The records are to be restated in their entirety, word for word.

Data shown ▸

▼

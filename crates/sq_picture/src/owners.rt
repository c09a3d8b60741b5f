// The owners of root keys before and after a move.
ghost use Rattle.std.specs.Prelude.{◌≡◌, OnOk};
ghost use Rattle.std.specs.Io.KnownBytes.{Appends};
ghost use Rattle.std.specs.List.{flat_map};
ghost use Rattle.sq_picture.specs.Owners.{range_with, key_range_text, told_leaf, leaf_text};
ghost use Rattle.sq_picture.specs.Owners.{key_owners_text, owner_line, IsOwnersText};

use crate::asked::OpeningTelling;
use sq_moves::{Leaf, Opening, Range, Recon, SegId};
use sq_schema::Root;
use sq_world::Told;
use std::alloc::Global;
use std::io;
use std::io::Write;

/// Writes the owners of root keys, one line each: the owner before the move and the one after it,
/// and for a root key that moves its range, its stage, and perhaps its segment and leaf.
#[derive(Drop)]
pub struct OwnersAsLines<'a> {
    /// The root keys, in the order of the lines.
    pub keys: &'a [Root],
    /// Whether segments and leaves are written.
    pub tells_leaves: bool,
}

impl OpeningTelling for OwnersAsLines<'_> {
    ghost tells = { λ owners. IsOwnersText owners.tells_leaves owners.keys.now };

    fn tell<W: Write>(
        &self,
        _alloc: Global,
        writer: &mut W,
        opening: &Opening,
    ) -> io::Result<Told> {
        write_owners(writer, opening, self.keys, self.tells_leaves)?;
        Ok(Told::Written)
    }
}

// Writes the lines of root keys.
fn write_owners<W: Write>(
    writer: &mut W,
    opening: &Opening,
    keys: &[Root],
    tells_leaves: bool,
) -> io::Result<()>
    ensures { OnOk result (Appends (W.contents writer.old) (W.contents writer.new)
        (flat_map (owner_line tells_leaves opening.now) keys.now)) }
{
    for key in keys {
        write_owner(writer, opening, *key, tells_leaves)?;
    }
    Ok(())
}

// Writes the line of a root key.
fn write_owner<W: Write>(
    writer: &mut W,
    opening: &Opening,
    root: Root,
    tells_leaf: bool,
) -> io::Result<()>
    ensures { OnOk result (Appends (W.contents writer.old) (W.contents writer.new)
        (owner_line tells_leaf opening.now root)) }
{
    write_owners_of(writer, opening, root)?;
    write_range_with(writer, opening.recon(), root)?;
    write_leaf(writer, told_leaf(opening.recon(), root, tells_leaf))?;
    writeln!(writer, "")
}

// Writes a root key, and its owner by either plan.
fn write_owners_of<W: Write>(writer: &mut W, opening: &Opening, root: Root) -> io::Result<()>
    ensures { OnOk result (Appends (W.contents writer.old) (W.contents writer.new)
        (key_owners_text opening.now root)) }
{
    let key = root.number();
    let old = opening.old_plan().owner(root).number();
    let new = opening.new_plan().owner(root).number();
    write!(writer, "key {key} {old} {new}")
}

/// The reconfiguration range that contains a root key.
pub(crate) fn range_with(recon: &Recon, root: Root) -> Option<Range>
    ensures { result ≡ range_with recon.now root }
{
    let key = root.number();
    let ranges = recon.ranges();
    for range in ranges {
        if range.lo <= key && key < range.hi {
            return Some(*range);
        }
    }
    None
}

// Writes the range and the stage of a root key, if it moves.
fn write_range_with<W: Write>(writer: &mut W, recon: &Recon, root: Root) -> io::Result<()>
    ensures { OnOk result (Appends (W.contents writer.old) (W.contents writer.new)
        (key_range_text recon.now (range_with recon.now root))) }
{
    match range_with(recon, root) {
        Some(Range { lo, hi, src, dst }) => {
            let stage = recon.stage_on(src, dst);
            write!(writer, " range {lo} {hi} stage {stage}")
        }
        None => Ok(()),
    }
}

/// The segment and the leaf of a root key; `None` if it doesn't move, or if they aren't asked for.
pub(crate) fn told_leaf(recon: &Recon, root: Root, tells_leaf: bool) -> Option<(SegId, Leaf)>
    ensures { result ≡ told_leaf tells_leaf recon.now root }
{
    if tells_leaf { recon.find(root) } else { None }
}

// Writes a segment and a leaf of it, if there is one.
fn write_leaf<W: Write>(writer: &mut W, place: Option<(SegId, Leaf)>) -> io::Result<()>
    ensures { OnOk result (Appends (W.contents writer.old) (W.contents writer.new)
        (leaf_text place)) }
{
    match place {
        Some((seg, leaf)) => {
            let (seg, leaf) = (seg.number(), leaf.number());
            write!(writer, " segment {seg} leaf {leaf}")
        }
        None => Ok(()),
    }
}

▲

Exercise result ▸
filename crates/sq_picture/src/owners.rt
repository c09a3d8b60741b5f
// The owners of root keys before and after a move.
ghost use Rattle.std.specs.Prelude.{◌≡◌, OnOk};
ghost use Rattle.std.specs.Io.KnownBytes.{Appends};
ghost use Rattle.std.specs.List.{flat_map};
ghost use Rattle.sq_picture.specs.Owners.{range_with, key_range_text, told_leaf, leaf_text};
ghost use Rattle.sq_picture.specs.Owners.{key_owners_text, owner_line, IsOwnersText};

use crate::asked::OpeningTelling;
use sq_moves::{Leaf, Opening, Range, Recon, SegId};
use sq_schema::Root;
use sq_world::Told;
use std::alloc::Global;
use std::io;
use std::io::Write;

/// Writes the owners of root keys, one line each: the owner before the move and the one after it,
/// and for a root key that moves its range, its stage, and perhaps its segment and leaf.
#[derive(Drop)]
pub struct OwnersAsLines<'a> {
    /// The root keys, in the order of the lines.
    pub keys: &'a [Root],
    /// Whether segments and leaves are written.
    pub tells_leaves: bool,
}

impl OpeningTelling for OwnersAsLines<'_> {
    ghost tells = { λ owners. IsOwnersText owners.tells_leaves owners.keys.now };

    fn tell<W: Write>(
        &self,
        _alloc: Global,
        writer: &mut W,
        opening: &Opening,
    ) -> io::Result<Told> {
        write_owners(writer, opening, self.keys, self.tells_leaves)?;
        Ok(Told::Written)
    }
}

// Writes the lines of root keys.
fn write_owners<W: Write>(
    writer: &mut W,
    opening: &Opening,
    keys: &[Root],
    tells_leaves: bool,
) -> io::Result<()>
    ensures { OnOk result (Appends (W.contents writer.old) (W.contents writer.new)
        (flat_map (owner_line tells_leaves opening.now) keys.now)) }
{
    for key in keys {
        write_owner(writer, opening, *key, tells_leaves)?;
    }
    Ok(())
}

// Writes the line of a root key.
fn write_owner<W: Write>(
    writer: &mut W,
    opening: &Opening,
    root: Root,
    tells_leaf: bool,
) -> io::Result<()>
    ensures { OnOk result (Appends (W.contents writer.old) (W.contents writer.new)
        (owner_line tells_leaf opening.now root)) }
{
    write_owners_of(writer, opening, root)?;
    write_range_with(writer, opening.recon(), root)?;
    write_leaf(writer, told_leaf(opening.recon(), root, tells_leaf))?;
    writeln!(writer, "")
}

// Writes a root key, and its owner by either plan.
fn write_owners_of<W: Write>(writer: &mut W, opening: &Opening, root: Root) -> io::Result<()>
    ensures { OnOk result (Appends (W.contents writer.old) (W.contents writer.new)
        (key_owners_text opening.now root)) }
{
    let key = root.number();
    let old = opening.old_plan().owner(root).number();
    let new = opening.new_plan().owner(root).number();
    write!(writer, "key {key} {old} {new}")
}

/// The reconfiguration range that contains a root key.
pub(crate) fn range_with(recon: &Recon, root: Root) -> Option<Range>
    ensures { result ≡ range_with recon.now root }
{
    let key = root.number();
    let ranges = recon.ranges();
    for range in ranges {
        if range.lo <= key && key < range.hi {
            return Some(*range);
        }
    }
    None
}

// Writes the range and the stage of a root key, if it moves.
fn write_range_with<W: Write>(writer: &mut W, recon: &Recon, root: Root) -> io::Result<()>
    ensures { OnOk result (Appends (W.contents writer.old) (W.contents writer.new)
        (key_range_text recon.now (range_with recon.now root))) }
{
    match range_with(recon, root) {
        Some(Range { lo, hi, src, dst }) => {
            let stage = recon.stage_on(src, dst);
            write!(writer, " range {lo} {hi} stage {stage}")
        }
        None => Ok(()),
    }
}

/// The segment and the leaf of a root key; `None` if it doesn't move, or if they aren't asked for.
pub(crate) fn told_leaf(recon: &Recon, root: Root, tells_leaf: bool) -> Option<(SegId, Leaf)>
    ensures { result ≡ told_leaf tells_leaf recon.now root }
{
    if tells_leaf { recon.find(root) } else { None }
}

// Writes a segment and a leaf of it, if there is one.
fn write_leaf<W: Write>(writer: &mut W, place: Option<(SegId, Leaf)>) -> io::Result<()>
    ensures { OnOk result (Appends (W.contents writer.old) (W.contents writer.new)
        (leaf_text place)) }
{
    match place {
        Some((seg, leaf)) => {
            let (seg, leaf) = (seg.number(), leaf.number());
            write!(writer, " segment {seg} leaf {leaf}")
        }
        None => Ok(()),
    }
}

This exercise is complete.